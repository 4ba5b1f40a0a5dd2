//! Why the program ends without its lines.

use a64_assembler::{AddError, EmitterError};
use std::{fmt, io};

/// Why the program ends without its lines.
#[derive(Debug, Drop)]
pub enum Fault {
    /// No constant was added.
    Add(AddError),
    /// The code is refused.
    Refused(EmitterError),
    /// A line could not be written.
    Write,
}

impl Fault {
    /// The status with which the program ends.
    pub fn status(&self) -> u8 {
        match self {
            Fault::Add(AddError::OutOfMemory) | Fault::Refused(EmitterError::OutOfMemory) => 5,
            Fault::Add(_) | Fault::Refused(_) => 1,
            Fault::Write => 4,
        }
    }
}

impl fmt::Display for Fault {
    fn fmt<W: fmt::Write>(&self, f: &mut fmt::Formatter<W>) -> fmt::Result {
        match self {
            Fault::Add(error) => write!(f, "no constant was added: {error}"),
            Fault::Refused(error) => write!(f, "the code is refused: {error}"),
            Fault::Write => write!(f, "write fault"),
        }
    }
}

impl From<AddError> for Fault {
    fn from(error: AddError) -> Fault {
        Fault::Add(error)
    }
}

impl From<EmitterError> for Fault {
    fn from(error: EmitterError) -> Fault {
        Fault::Refused(error)
    }
}

impl From<io::Error> for Fault {
    fn from(_error: io::Error) -> Fault {
        Fault::Write
    }
}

__Task to complete__: Copy out the entire listing above exactly.

__Solution to the problem__:
repository 4ba5b1f40a0a5dd2
//! Why the program ends without its lines.

use a64_assembler::{AddError, EmitterError};
use std::{fmt, io};

/// Why the program ends without its lines.
#[derive(Debug, Drop)]
pub enum Fault {
    /// No constant was added.
    Add(AddError),
    /// The code is refused.
    Refused(EmitterError),
    /// A line could not be written.
    Write,
}

impl Fault {
    /// The status with which the program ends.
    pub fn status(&self) -> u8 {
        match self {
            Fault::Add(AddError::OutOfMemory) | Fault::Refused(EmitterError::OutOfMemory) => 5,
            Fault::Add(_) | Fault::Refused(_) => 1,
            Fault::Write => 4,
        }
    }
}

impl fmt::Display for Fault {
    fn fmt<W: fmt::Write>(&self, f: &mut fmt::Formatter<W>) -> fmt::Result {
        match self {
            Fault::Add(error) => write!(f, "no constant was added: {error}"),
            Fault::Refused(error) => write!(f, "the code is refused: {error}"),
            Fault::Write => write!(f, "write fault"),
        }
    }
}

impl From<AddError> for Fault {
    fn from(error: AddError) -> Fault {
        Fault::Add(error)
    }
}

impl From<EmitterError> for Fault {
    fn from(error: EmitterError) -> Fault {
        Fault::Refused(error)
    }
}

impl From<io::Error> for Fault {
    fn from(_error: io::Error) -> Fault {
        Fault::Write
    }
}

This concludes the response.